Ese olor me asfixiaba; bajé del auto nuevamente y abrí todas las puertas. Continué buscando rastros del accidente, tal vez solo había golpeado levemente al joven y este se había caído un par de metros atrás… Recorrí a pie el camino que iba desde el auto hasta donde comenzaban las huellas que dibujaron sobre el asfalto los neumáticos al frenar. No había nada, solo esas marcas.

Trataba de comprender qué había pasado. Caminé en círculo, rodeando el vehículo a cien metros de distancia. Mi auto había quedado encendido, con las luces de las balizas parpadeando y de costado a la ruta, mirando una de esas inmensas paredes de piedra con formas de rostros que aún hoy me impresionan.

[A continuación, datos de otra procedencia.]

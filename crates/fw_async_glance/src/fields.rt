//! The fields of a packet, where they stand in its bytes.

ghost use Rattle.std.specs.Prelude.{◌≡◌, ◌≤◌, ◌<◌, ◌+◌, ◌/◌, ◌%◌, ◌^◌, length, take, drop};
ghost use Rattle.std.specs.Int.{to_be_bytes, w32};
ghost use Rattle.fw_words.specs.Quadlet.{field, quadlet_at};
ghost use Rattle.fw_words.specs.Layout.{packed};
ghost use Rattle.fw_async.specs.Async.{head_fields, HeadFits};
ghost use Rattle.fw_async_fields.specs.Reading.{tcode_of};

use fw_async::Head;
use fw_words::{Swap, quadlet_at};

/// The head.
#[inline(always)]
pub(crate) fn head_at(bytes: &[u8]) -> Head
    requires { 8 ≤ length bytes.now }
    ensures fits { HeadFits result }
    ensures first { packed (head_fields (tcode_of bytes.now) result) 0 ≡ quadlet_at bytes.now 0 }
    ensures source { result.source ≡ field (quadlet_at bytes.now 4) 0 15 }
{
    let first = quadlet_at(bytes, 0);
    Head {
        destination: first.field(0, 15) as u16,
        tl: first.field(16, 21) as u8,
        rt: first.field(22, 23) as u8,
        pri: first.field(28, 31) as u8,
        source: quadlet_at(bytes, 4).field(0, 15) as u16,
    }
}

/// The destination_offset of a request.
#[inline(always)]
pub(crate) fn offset_at(bytes: &[u8]) -> u64
    requires { 12 ≤ length bytes.now }
    ensures small { result < 2 ^ 48 }
    ensures high { result / 2 ^ 32 ≡ field (quadlet_at bytes.now 4) 16 31 }
    ensures low { result % 2 ^ 32 ≡ quadlet_at bytes.now 8 }
{
    ((quadlet_at(bytes, 4).field(16, 31) as u64) << 32) + quadlet_at(bytes, 8).0 as u64
}

/// The response code of a response.
#[inline(always)]
pub(crate) fn rcode_at(bytes: &[u8]) -> u8
    requires { 8 ≤ length bytes.now }
    ensures { result ≡ field (quadlet_at bytes.now 4) 16 19 }
{
    quadlet_at(bytes, 4).field(16, 19) as u8
}

/// The two quadlets of data that stand after quadlet 3.
#[inline(always)]
pub(crate) fn swap_at(bytes: &[u8]) -> Swap
    requires { 24 ≤ length bytes.now }
    ensures argument { to_be_bytes w32 result.argument ≡ take 4 (drop 16 bytes.now) }
    ensures new { to_be_bytes w32 result.new ≡ take 4 (drop 20 bytes.now) }
{
    Swap {
        argument: quadlet_at(bytes, 16).0,
        new: quadlet_at(bytes, 20).0,
    }
}
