//! What a packet of a usual kind says.

ghost use Rattle.std.specs.Prelude.{◌≡◌};
ghost use Rattle.fw_async.specs.Reader.{IsPacket, Spells};
ghost use Rattle.fw_async_fields.specs.Reading.{tcode_of};
ghost use Rattle.fw_async.specs.declared.packet.Packet.{Packet};
ghost use Rattle.fw_words.specs.Quadlet.{quadlet_at};
ghost use Rattle.fw_async_glance.specs.Glances.{IsGlance};

use crate::fields::{head_at, offset_at, rcode_at, swap_at};
use fw_async::Head;
use fw_words::{Swap, quadlet_at};

/// Quadlet 3 of a compare_swap of quadlets: eight bytes of data, and its extended_tcode.
const SWAP_SIZE: u32 = 0x0008_0002;

/// Quadlet 3 of its response: the four bytes of the old value.
const OLD_SIZE: u32 = 0x0004_0002;

/// Quadlet 3 of a write of a block of eight bytes.
const PAIR_SIZE: u32 = 0x0008_0000;

/// What a packet of a usual kind says. An offset has 48 bits, a response code 4.
#[derive(Clone, Copy)]
pub enum Glance {
    /// A request for a quadlet.
    Read {
        head: Head,
        offset: u64,
    },
    /// A response with a quadlet.
    ReadReply {
        head: Head,
        rcode: u8,
        value: u32,
    },
    /// A request for a compare_swap of a quadlet.
    Swap {
        head: Head,
        offset: u64,
        swap: Swap,
    },
    /// A response with its old value.
    SwapReply {
        head: Head,
        rcode: u8,
        old: u32,
    },
    /// A request to write a quadlet.
    Write {
        head: Head,
        offset: u64,
        value: u32,
    },
    /// A request to write a block of two quadlets, as most frames are.
    WritePair {
        head: Head,
        offset: u64,
        first: u32,
        second: u32,
    },
    /// A response to a write.
    WriteReply {
        head: Head,
        rcode: u8,
    },
    /// A cycle start, with CYCLE_TIME.
    CycleStart {
        head: Head,
        offset: u64,
        time: u32,
    },
    /// Of another packet nothing is said.
    Other,
}

/// What the packet says that these bytes are.
#[inline(always)]
pub fn glance_at(bytes: &[u8]) -> Glance
    requires { IsPacket bytes.now }
    ensures { (p : Packet) → Spells p bytes.now → IsGlance result p }
{
    match quadlet_at(bytes, 0).field(24, 27) {
        0 => write_at(bytes),
        1 if quadlet_at(bytes, 12).0 == PAIR_SIZE => pair_at(bytes),
        2 => write_reply_at(bytes),
        4 => read_at(bytes),
        6 => read_reply_at(bytes),
        8 => cycle_start_at(bytes),
        9 if quadlet_at(bytes, 12).0 == SWAP_SIZE => swap_request_at(bytes),
        11 if quadlet_at(bytes, 12).0 == OLD_SIZE => swap_reply_at(bytes),
        _ => Glance::Other,
    }
}

// What a read says.
#[inline(always)]
fn read_at(bytes: &[u8]) -> Glance
    requires packet { IsPacket bytes.now }
    requires kind { tcode_of bytes.now ≡ 4 }
    ensures { (p : Packet) → Spells p bytes.now → IsGlance result p }
{
    Glance::Read {
        head: head_at(bytes),
        offset: offset_at(bytes),
    }
}

// What the response to a read says.
#[inline(always)]
fn read_reply_at(bytes: &[u8]) -> Glance
    requires packet { IsPacket bytes.now }
    requires kind { tcode_of bytes.now ≡ 6 }
    ensures { (p : Packet) → Spells p bytes.now → IsGlance result p }
{
    Glance::ReadReply {
        head: head_at(bytes),
        rcode: rcode_at(bytes),
        value: quadlet_at(bytes, 12).0,
    }
}

// What a compare_swap of a quadlet says.
#[inline(always)]
fn swap_request_at(bytes: &[u8]) -> Glance
    requires packet { IsPacket bytes.now }
    requires kind { tcode_of bytes.now ≡ 9 }
    requires size { quadlet_at bytes.now 12 ≡ 0x00080002 }
    ensures { (p : Packet) → Spells p bytes.now → IsGlance result p }
{
    Glance::Swap {
        head: head_at(bytes),
        offset: offset_at(bytes),
        swap: swap_at(bytes),
    }
}

// What the response to one says.
#[inline(always)]
fn swap_reply_at(bytes: &[u8]) -> Glance
    requires packet { IsPacket bytes.now }
    requires kind { tcode_of bytes.now ≡ 11 }
    requires size { quadlet_at bytes.now 12 ≡ 0x00040002 }
    ensures { (p : Packet) → Spells p bytes.now → IsGlance result p }
{
    Glance::SwapReply {
        head: head_at(bytes),
        rcode: rcode_at(bytes),
        old: quadlet_at(bytes, 16).0,
    }
}

// What a write of a quadlet says.
#[inline(always)]
fn write_at(bytes: &[u8]) -> Glance
    requires packet { IsPacket bytes.now }
    requires kind { tcode_of bytes.now ≡ 0 }
    ensures { (p : Packet) → Spells p bytes.now → IsGlance result p }
{
    Glance::Write {
        head: head_at(bytes),
        offset: offset_at(bytes),
        value: quadlet_at(bytes, 12).0,
    }
}

// What a write of a block of two quadlets says.
#[inline(always)]
fn pair_at(bytes: &[u8]) -> Glance
    requires packet { IsPacket bytes.now }
    requires kind { tcode_of bytes.now ≡ 1 }
    requires size { quadlet_at bytes.now 12 ≡ 0x00080000 }
    ensures { (p : Packet) → Spells p bytes.now → IsGlance result p }
{
    let data = swap_at(bytes);
    Glance::WritePair {
        head: head_at(bytes),
        offset: offset_at(bytes),
        first: data.argument,
        second: data.new,
    }
}

// What a cycle start says.
#[inline(always)]
fn cycle_start_at(bytes: &[u8]) -> Glance
    requires packet { IsPacket bytes.now }
    requires kind { tcode_of bytes.now ≡ 8 }
    ensures { (p : Packet) → Spells p bytes.now → IsGlance result p }
{
    Glance::CycleStart {
        head: head_at(bytes),
        offset: offset_at(bytes),
        time: quadlet_at(bytes, 12).0,
    }
}

// What the response to a write says.
#[inline(always)]
fn write_reply_at(bytes: &[u8]) -> Glance
    requires packet { IsPacket bytes.now }
    requires kind { tcode_of bytes.now ≡ 2 }
    ensures { (p : Packet) → Spells p bytes.now → IsGlance result p }
{
    Glance::WriteReply {
        head: head_at(bytes),
        rcode: rcode_at(bytes),
    }
}
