//! What a packet of a usual kind says, read where it stands: no packet is made of its bytes.
//!
//! Nearly all packets of a log are requests and responses of one quadlet, writes of a quadlet or of a short frame, and the
//! responses to these (IEEE 1394-1995, clause 6.2).
#![tactic(auto)]

mod fields;
mod glance;

pub use glance::{Glance, glance_at};
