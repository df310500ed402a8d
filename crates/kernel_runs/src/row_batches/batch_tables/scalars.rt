// Where arguments on variables stand in a row's frame.

ghost use Rattle.std.specs.Prelude.{◌≡◌, ◌<◌, ◌+◌, ◌-◌, ◌^◌, ℕ, length, get_or};
ghost use Rattle.kernel_runs.specs.Tables.{place_at, scalar_place};

use crate::row_batches::batch_tables::args::LocalArg;
use kernel_model::types::views::Place;

/// Puts down where arguments on variables stand in a row's frame behind so many columns: as `stand` has them behind so
/// many cells.
pub fn put_scalars(
    locals: &[Option<LocalArg<'_>>],
    stand: &[Place],
    columns: usize,
    cells: usize,
    places: &mut [Place],
)
    requires stand { length stand.now ≡ length locals.now }
    requires places { length places.old ≡ length locals.now }
    requires fits { (a : ℕ) → a < length locals.now → get_or locals.now a None ≡ None
        → columns + ((place_at stand.now a).from - cells) < 2 ^ 64 }
    ensures { (a : ℕ) → a < length locals.now → place_at places.new a
        ≡ scalar_place columns cells (get_or locals.now a None) (place_at stand.now a) (place_at places.old a) }
{
    for a in 0..locals.len() {
        if locals[a].is_none() {
            places[a] = Place {
                from: columns + stand[a].from.saturating_sub(cells),
                count: stand[a].count,
            };
        }
    }
}
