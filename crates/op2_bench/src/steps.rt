// The steps from a mesh to local meshes, with the time of each.
ghost use Rattle.std.specs.Prelude.{◌<◌, ◌≤◌};

use anyhow::Error;
use local_mesh::halo_lists::halos;
use local_mesh::localise;
use mesh_decl::Mesh;
use partition::{bisect, block, grow};
use renumber::cuthill_mckee;
use std::rt::Clock;
use std::time::Instant;

// A line with the milliseconds since `from`, if times are wanted; the time now.
fn line(rt: &HostRuntime, timed: bool, step: &str, from: Instant) -> Result<Instant, Error> {
    let spent = from.elapsed(rt)?;
    if timed {
        println!(rt; "{step} {} ms", spent.as_millis())?;
    }
    Ok(Instant::now(rt)?)
}

/// Makes owners by blocks, by growth, and by the values of the first dat, the renumbering of Cuthill and McKee, and the
/// halos and local meshes of the owners by blocks, and prints what was made.
pub fn run(rt: &HostRuntime, mesh: &Mesh, ranks: u32, timed: bool) -> Result<(), Error>
    requires some_rank { 0 < ranks }
    requires few_ranks { ranks ≤ 64 }
{
    let alloc = rt.alloc();
    if mesh.map_count() == 0 {
        return Ok(());
    }
    let at = Instant::now(rt)?;
    let owners = block(alloc, mesh, ranks)?;
    let at = line(rt, timed, "block", at)?;
    let _grown = grow(alloc, mesh, ranks, 0)?;
    let at = line(rt, timed, "grow", at)?;
    if mesh.dat_count() > 0 {
        let _halves = bisect(alloc, mesh, ranks, 0)?;
    }
    let at = line(rt, timed, "bisect", at)?;
    let perms = cuthill_mckee(alloc, mesh, 0)?;
    let at = line(rt, timed, "cuthill_mckee", at)?;
    let halos = halos(alloc, mesh, &owners)?;
    let at = line(rt, timed, "halos", at)?;
    let meshes = localise(alloc, mesh, &owners, &halos, &perms)?;
    let _ = line(rt, timed, "localise", at)?;
    for (rank, local) in meshes.iter().enumerate() {
        for (set, here) in local.sets.iter().enumerate() {
            let (own, exec, nonexec) = (here.own, here.exec, here.nonexec);
            println!(rt;
                "rank {rank} set {set}: owns {own}, executes {exec} more, reads {nonexec}"
            )?;
        }
    }
    Ok(())
}
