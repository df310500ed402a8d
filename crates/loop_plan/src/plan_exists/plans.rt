// Plans are there.
ghost use Rattle.loop_plan.specs.Laws.{PlansExist};

/// A program that fits has a plan with least colours in blocks of any size above 0, on the local meshes of any owners
/// and new numbers of its mesh.
pub fn some_plan()
    ensures { PlansExist }
{}
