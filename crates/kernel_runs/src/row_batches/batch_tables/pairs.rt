// Pairs of ways that must not lead from one place to one element.

ghost use Rattle.std.specs.Prelude.{◌≡◌, ◌<◌, IfSome, length};
ghost use Rattle.kernel_runs.specs.Tables.{ArePairs};

use crate::row_batches::batch_tables::alike::can_meet;
use bound_program::Arg;

// Puts down the pairs of argument `a` with arguments before it. Answers how many there are now; none where there is no
// room.
fn put_pairs_of(
    args: &[Arg],
    numbers: &[usize],
    a: usize,
    pairs: &mut [(usize, usize)],
    count: usize,
) -> Option<usize>
    requires numbers { length numbers.now ≡ length args.now }
    requires there { a < length args.now }
    requires before { ArePairs args.now numbers.now pairs.old a 0 count }
    ensures { IfSome result (ArePairs args.now numbers.now pairs.new a a) }
{
    let mut count = count;
    for b in 0..a {
        if can_meet(args[a], args[b]) {
            if count == pairs.len() {
                return None;
            }
            pairs[count] = (numbers[a], numbers[b]);
            count += 1;
        }
    }
    Some(count)
}

/// Puts down the pairs of numbers of ways in which arguments reach one dat that the loop may modify. Answers how many
/// there are; none where there is no room for them.
pub fn put_pairs(args: &[Arg], numbers: &[usize], pairs: &mut [(usize, usize)]) -> Option<usize>
    requires numbers { length numbers.now ≡ length args.now }
    ensures { IfSome result (ArePairs args.now numbers.now pairs.new (length args.now) 0) }
{
    let mut count = 0;
    for a in 0..args.len() {
        count = put_pairs_of(args, numbers, a, pairs, count)?;
    }
    Some(count)
}
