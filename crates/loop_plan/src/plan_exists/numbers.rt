// New numbers are there.
ghost use Rattle.loop_plan.specs.Laws.{NumbersExist};

use mesh_decl::declarations_hold;

/// Whatever is asked for the new numbers of a mesh, there are such numbers, or the refusal.
pub fn some_numbers()
    ensures { NumbersExist }
{
    declarations_hold();
}
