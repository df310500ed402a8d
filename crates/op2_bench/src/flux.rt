// The kernel, as resolving its names gives it.

use kernel_model::types::{
    AssignOp, BinaryOp, ElementForm, Name, Pos, RBody, RExpr, RKernel, RStmt,
};
use std::alloc::{AllocError, Global};

fn at(column: u32) -> Pos {
    Pos { line: 1, column }
}

// The element 0 of a parameter.
fn first_of(alloc: Global, param: u32) -> Result<RExpr, AllocError> {
    Ok(RExpr::Arg {
        param,
        form: ElementForm::Index,
        index: Box::new(alloc, RExpr::Number(0))?,
        at: at(1),
    })
}

fn binary(alloc: Global, op: BinaryOp, left: RExpr, right: RExpr) -> Result<RExpr, AllocError> {
    Ok(RExpr::Binary {
        op,
        left: Box::new(alloc, left)?,
        right: Box::new(alloc, right)?,
        at: at(1),
    })
}

fn paren(alloc: Global, e: RExpr) -> Result<RExpr, AllocError> {
    Ok(RExpr::Paren(Box::new(alloc, e)?))
}

// `p[0] op= f;`
fn changes(param: u32, op: AssignOp) -> RStmt {
    RStmt::SetArg {
        param,
        form: ElementForm::Index,
        index: RExpr::Number(0),
        at: at(1),
        op,
        op_at: at(1),
        value: RExpr::Scalar(0),
    }
}

/// The kernel `flux`, with its six parameters and its local `f`.
pub fn flux(alloc: Global) -> Result<RKernel, AllocError> {
    let change = binary(
        alloc,
        BinaryOp::Sub,
        first_of(alloc, 0)?,
        first_of(alloc, 1)?,
    )?;
    let area = binary(
        alloc,
        BinaryOp::Add,
        first_of(alloc, 2)?,
        first_of(alloc, 3)?,
    )?;
    let value = binary(
        alloc,
        BinaryOp::Div,
        paren(alloc, change)?,
        paren(alloc, area)?,
    )?;
    let declares = RStmt::Declare { from: 0, count: 1 };
    let sets = RStmt::SetScalar {
        cell: 0,
        op: AssignOp::Set,
        op_at: at(1),
        value,
    };
    let all = [
        declares,
        sets,
        changes(4, AssignOp::Sub),
        changes(5, AssignOp::Add),
    ];
    Ok(RKernel {
        name: Name::new(Vec::new(alloc)),
        params: 6,
        scratch: 1,
        body: RBody {
            param_places: vec![in alloc; at(1); 6]?,
            statement: RStmt::Block(Vec::from_array(alloc, all)?),
        },
    })
}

Luego de unos quince minutos de cavilaciones, los latidos de mi corazón se fueron suavizando. Estaba más tranquilo. «Locuras mías», pensé y volví a sentarme en el auto, dispuesto a continuar mi camino.

Aceleré. Quería llegar lo más rápido posible a San Vicente. Sin embargo, sentía como si alguien me estuviera observando desde atrás, como si me persiguieran. Sabía que eso no tenía sentido, pero la imagen del rostro del joven observándome antes de que lo chocara se repetía en mi cabeza una y otra vez. Todavía me quedaban unos cuantos kilómetros para hacer y la niebla que inundaba el interior del auto no se iba, pese a que viajaba con las ventanillas abiertas.

Decidí pasar la noche en un hotel de ruta, cerca de una rotonda, y telefoneé a casa para avisar que llegaría al día siguiente. Aunque mi esposa no creyó lo que le conté sobre el accidente, entendió, por el tono de mi voz, que tampoco me había quedado allí para salir a divertirme con algunos colegas.

Al otro día emprendí mi regreso a Posadas y llevé el auto al lavadero. No sé cuántas cosas probaron para quitarle el olor, pero se fue cuando quiso.

Los días pasaron y les conté lo que me había sucedido a algunos colegas, comerciantes de la ruta que también se ganan la vida recorriendo pequeños pueblos y ciudades del interior. Ellos tampoco le encontraron una explicación al hecho, ninguno había vivido una experiencia similar, pero desde entonces se quedaban conmigo en el pueblo si me ganaba la noche o salíamos en caravana. Había tomado la decisión de no volver a viajar de noche por esa ruta, porque no quería vivir otra vez la horrible experiencia de cruzarme con alguna cosa parecida.